La fe visible en lo invisible

 ...la fe sin obras es muerta (Santiago 2:19).

¿qué es la fe? ¿no es la sustancia de las cosas que se esperan y la demostración de lo que no se ve (Hebreos 11:1)?   Para ser una sustancia, la fe debe ser visible, y para ser una demostración debe ser demostrable.  Las obras son fruto de la fe, las palabras son simplemente eso: palabras.  

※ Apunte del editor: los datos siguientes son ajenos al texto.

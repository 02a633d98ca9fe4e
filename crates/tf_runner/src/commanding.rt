//! The command that lets conductors work on a board.
ghost use Rattle.std.specs.Prelude.{◌≡◌, ◌≢◌, ◌≤◌, ℕ, List, [], length, vec_capacity, vec_len, IsTrue};
ghost use Rattle.tf_desk.specs.State.{told_as};
ghost use Rattle.std.specs.List.{All};
ghost use Rattle.std.specs.Arc.{arc_value};
ghost use Rattle.tf_board.specs.Board.{IsOpened, IsReadyBoard};
ghost use Rattle.tf_board.specs.Does.{HasCauses};
ghost use Rattle.tf_conductor.specs.Rounds.{AreDifferent, AreNamedBy};
ghost use Rattle.tf_numbers.specs.Numbers.{Rises};
ghost use Rattle.tf_ports.specs.Ports.{Contents};
ghost use Rattle.tf_runner.specs.Conducts.{Conducts, WorksOff};
ghost use Rattle.tf_runner.specs.Reading.{AreReadFrom, HaveFiles};

use crate::files::JobFile;
use crate::hiring::{Ready, hands_of, prepare, runners_of};
use crate::reading::read_files;
use crate::saying::conclude;
use std::alloc::Global;
use std::sync::Wait;
use std::thread::Threads;
use tf_actions::Performer;
use tf_board::{Board, end_unopened, end_with, open};
use tf_conductor::conduct;
use tf_desk::Desk;
use tf_ports::{Crew, Hands, PortFault, SourceFault, Sources, Want};
use tf_report::{CANNOT_HIRE, CANNOT_READ, OUT_OF_MEMORY, UNHIRED, UNREAD};
use tf_shared_board::SharedBoard;
use tf_values::{Name, Text};

/// Opens the board of that name, reads the flow files of its jobs that nobody has, hires so many hands of this process, and
/// lets as many conductors work, whose owners are named by the word and their numbers from 0. Then the hands are given back,
/// and the lines of the calls are said.
pub fn conduct_command<K: Desk + Send, S: Sources, W: Crew, R: Threads + Wait + Sync>(
    rt: &R,
    alloc: Global,
    name: &Text,
    word: &Name,
    hands: u8,
    desk: K,
    sources: &mut S,
    crew: &mut W,
) -> (K, u8)
    requires short { length word.now ≤ 61 }
    requires many { (1 ≤ hands) × (hands ≤ 64) }

    // The way that it went: what the board had, which hands were hired and given back, which calls the conductors made, how
    // each job's run may have ended by the files as the sources then tell them, what was shown, why the board was halted, what it
    // has, and what a crash may leave.
    ensures conducts { Conducts W.Hand.gives (S.contents sources.new) (W.told crew.old) (W.told crew.new) name.now
        word.now hands (told_as (K.state result.0) (K.state desk)) (K.state result.0) result.1 }

    // A file can't be read, the disk fails, a text can't be said and no hand is hired only where the count of such faults
    // rose; no count falls, and nobody is asked for a stop.
    ensures causes { HasCauses (told_as (K.state result.0) (K.state desk)) (K.state result.0) result.1 }

    // What the desk tells behind the command it told before it.
    ensures falls { IsTrue (K.state result.0).tells → IsTrue (K.state desk).tells }
    ensures unread { result.1 ≡ UNREAD → Rises (S.faults sources.old) (S.faults sources.new) }
    ensures unhired { result.1 ≡ UNHIRED → Rises (W.faults crew.old) (W.faults crew.new) }
    ensures no_fall { (S.faults sources.old ≤ S.faults sources.new) × (W.faults crew.old ≤ W.faults crew.new) }
{
    match open(alloc, desk, name) {
        Ok(board) => read_and_conduct(rt, alloc, board, word, hands, sources, crew),
        Err((desk, fault)) => end_unopened(alloc, desk, fault),
    }
}

/// Reads the flow files of the jobs, hires the hands, and goes on with them.
fn read_and_conduct<K: Desk + Send, S: Sources, W: Crew, R: Threads + Wait + Sync>(
    rt: &R,
    alloc: Global,
    board: Board<K>,
    word: &Name,
    hands: u8,
    sources: &mut S,
    crew: &mut W,
) -> (K, u8)
    requires short { length word.now ≤ 61 }
    requires many { (1 ≤ hands) × (hands ≤ 64) }
    requires ready { IsReadyBoard board }
    ensures conducts { (name : List ℕ) (entry seen : K) → IsOpened K.state name
        (told_as (K.state seen) (K.state entry)) board
        → Conducts W.Hand.gives (S.contents sources.new) (W.told crew.old) (W.told crew.new) name word.now hands
        (told_as (K.state seen) (K.state entry)) (K.state result.0) result.1 }
    ensures causes { (name : List ℕ) (entry seen : K) → IsOpened K.state name
        (told_as (K.state seen) (K.state entry)) board
        → HasCauses (told_as (K.state seen) (K.state entry)) (K.state result.0) result.1 }
    ensures unread { result.1 ≡ UNREAD → Rises (S.faults sources.old) (S.faults sources.new) }
    ensures unhired { result.1 ≡ UNHIRED → Rises (W.faults crew.old) (W.faults crew.new) }
    ensures no_fall { (S.faults sources.old ≤ S.faults sources.new) × (W.faults crew.old ≤ W.faults crew.new) }
{
    match read_files(alloc, &board, sources) {
        Ok(files) => prepare_and_conduct(rt, alloc, board, files, word, hands, crew),
        Err(SourceFault::Read) => end_with(board.close(), CANNOT_READ, UNREAD),
        Err(SourceFault::TooLong) => (board.close(), OUT_OF_MEMORY),
        Err(SourceFault::Memory) => (board.close(), OUT_OF_MEMORY),
    }
}

/// Takes all memory that conductors need besides their own, and goes on.
fn prepare_and_conduct<K: Desk + Send, W: Crew, R: Threads + Wait + Sync>(
    rt: &R,
    alloc: Global,
    board: Board<K>,
    files: Vec<JobFile>,
    word: &Name,
    hands: u8,
    crew: &mut W,
) -> (K, u8)
    requires short { length word.now ≤ 61 }
    requires many { (1 ≤ hands) × (hands ≤ 64) }
    requires ready { IsReadyBoard board }
    requires have { HaveFiles board.past files.items }
    ensures conducts { (contents : Contents) → AreReadFrom contents files.items
        → (name : List ℕ) (entry seen : K) → IsOpened K.state name (told_as (K.state seen) (K.state entry)) board
        → Conducts W.Hand.gives contents (W.told crew.old) (W.told crew.new) name word.now hands
        (told_as (K.state seen) (K.state entry)) (K.state result.0) result.1 }
    ensures causes { (name : List ℕ) (entry seen : K) → IsOpened K.state name
        (told_as (K.state seen) (K.state entry)) board
        → HasCauses (told_as (K.state seen) (K.state entry)) (K.state result.0) result.1 }
    ensures apart { result.1 ≢ UNREAD }
    ensures unhired { result.1 ≡ UNHIRED → Rises (W.faults crew.old) (W.faults crew.new) }
    ensures no_fall { W.faults crew.old ≤ W.faults crew.new }
{
    match prepare(alloc, files, word, hands) {
        Ok(ready) => hire_and_conduct(rt, alloc, board, ready, word, hands, crew),
        Err(_) => (board.close(), OUT_OF_MEMORY),
    }
}

/// Hires the hands, goes on with them, and gives them back.
fn hire_and_conduct<K: Desk + Send, W: Crew, R: Threads + Wait + Sync>(
    rt: &R,
    alloc: Global,
    board: Board<K>,
    ready: Ready<W::Hand>,
    word: &Name,
    hands: u8,
    crew: &mut W,
) -> (K, u8)
    requires many { (1 ≤ hands) × (hands ≤ 64) }
    requires owners { (length ready.owners ≡ hands) × AreNamedBy word.now ready.owners × AreDifferent ready.owners }
    requires shares { (vec_len ready.shares ≡ hands)
        × All (λ share. arc_value share ≡ arc_value ready.files) ready.shares.items }
    requires room { (ready.room.items ≡ []) × (hands ≤ vec_capacity ready.room) }
    requires ready { IsReadyBoard board }
    requires have { HaveFiles board.past (arc_value ready.files).items }
    ensures conducts { (contents : Contents) → AreReadFrom contents (arc_value ready.files).items
        → (name : List ℕ) (entry seen : K) → IsOpened K.state name (told_as (K.state seen) (K.state entry)) board
        → Conducts W.Hand.gives contents (W.told crew.old) (W.told crew.new) name word.now hands
        (told_as (K.state seen) (K.state entry)) (K.state result.0) result.1 }
    ensures causes { (name : List ℕ) (entry seen : K) → IsOpened K.state name
        (told_as (K.state seen) (K.state entry)) board
        → HasCauses (told_as (K.state seen) (K.state entry)) (K.state result.0) result.1 }
    ensures apart { result.1 ≢ UNREAD }
    ensures unhired { result.1 ≡ UNHIRED → Rises (W.faults crew.old) (W.faults crew.new) }
    ensures no_fall { W.faults crew.old ≤ W.faults crew.new }
{
    match crew.hire(alloc, &Want::Local(hands)) {
        Ok(Hands::Local(hired)) => {
            let ended = conduct_with(rt, alloc, board, ready, word, hired, hands);
            let Ended {
                desk,
                status,
                hands,
            } = ended;
            crew.dismiss(Hands::Local(hands));
            (desk, status)
        }
        Ok(Hands::Remote(_)) => unreachable!(),
        Err(PortFault::Failed) => end_with(board.close(), CANNOT_HIRE, UNHIRED),
        Err(PortFault::Memory) => (board.close(), OUT_OF_MEMORY),
    }
}

/// What is left where conductors are done: the desk, the status, and their hands.
struct Ended<K, P> {
    desk: K,
    status: u8,
    hands: Vec<P>,
}

/// Lets conductors work with hands that were hired, and says what they did. The hands come back.
fn conduct_with<K: Desk + Send, P: Performer + Send, R: Threads + Wait + Sync>(
    rt: &R,
    alloc: Global,
    board: Board<K>,
    ready: Ready<P>,
    word: &Name,
    hands: Vec<P>,
    count: u8,
) -> Ended<K, P>
    requires many { (1 ≤ count) × (count ≤ 64) }
    requires hands { vec_len hands ≡ count }
    requires owners { (length ready.owners ≡ count) × AreNamedBy word.now ready.owners × AreDifferent ready.owners }
    requires shares { (vec_len ready.shares ≡ count)
        × All (λ share. arc_value share ≡ arc_value ready.files) ready.shares.items }
    requires room { (ready.room.items ≡ []) × (count ≤ vec_capacity ready.room) }
    requires ready { IsReadyBoard board }
    requires have { HaveFiles board.past (arc_value ready.files).items }
    ensures works { (contents : Contents) → AreReadFrom contents (arc_value ready.files).items
        → (name : List ℕ) (entry seen : K) → IsOpened K.state name (told_as (K.state seen) (K.state entry)) board
        → WorksOff P.gives contents name word.now count (told_as (K.state seen) (K.state entry)) (K.state result.desk)
        result.status }
    ensures causes { (name : List ℕ) (entry seen : K) → IsOpened K.state name
        (told_as (K.state seen) (K.state entry)) board
        → HasCauses (told_as (K.state seen) (K.state entry)) (K.state result.desk) result.status }
    ensures apart { (result.status ≢ UNREAD) × (result.status ≢ UNHIRED) }
    ensures back { vec_len result.hands ≡ count }
{
    let Ready {
        owners,
        files,
        shares,
        room,
    } = ready;
    drop(files);
    let mut hands = hands;
    let mut runners = runners_of(&mut hands, shares, room);
    let shared = SharedBoard::make(alloc, board);
    let ended = conduct(rt, alloc, shared, &owners, &mut runners);
    let hands = hands_of(runners, hands);
    let said = conclude(alloc, ended);
    let (desk, status) = said;
    Ended {
        desk,
        status,
        hands,
    }
}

Abraham obedeció a Dios llevando a su hijo al altar para sacrificarlo porque sabía que Dios era capaz de levantarlo de entre los muertos, por eso obró en obediencia.  David no solo habló palabras de victoria contra Goliat, lo enfrentó cara a cara y lo derrotó haciendo una obra de fe.  Los amigos de Daniel no solamente dijeron que no se postrarían delante de la imágen levantada por el rey, no lo hicieron y eso les costó ser echados al fuego ardiendo siete veces, decididos incluso a no salir avantes de semejante castigo.  Jesús no solamente habló de llevar la cruz (Lucas 9:23), la llevó hacia el calvario y fue crucificado, demostrando así Su fe en el Padre que lo resucitaría de entre los muertos.  Porque hablar no cuesta nada... sin embargo, la fe no se basa solamente en palabras, la fe se muestra con hechos, porque nuestras acciones hablan más fuerte que nuestras bocas. Un hombre de fe no necesita hablar su fe, solamente demostrarla con sus obras.

Las palabras no pueden atraer tu fe, pues la fe no es hablar para que las cosas sucedan, sino más bien, es actuar aún en contra de la corriente aunque las cosas no sucedan, porque la fe no espera en lo físico sino en lo invisible.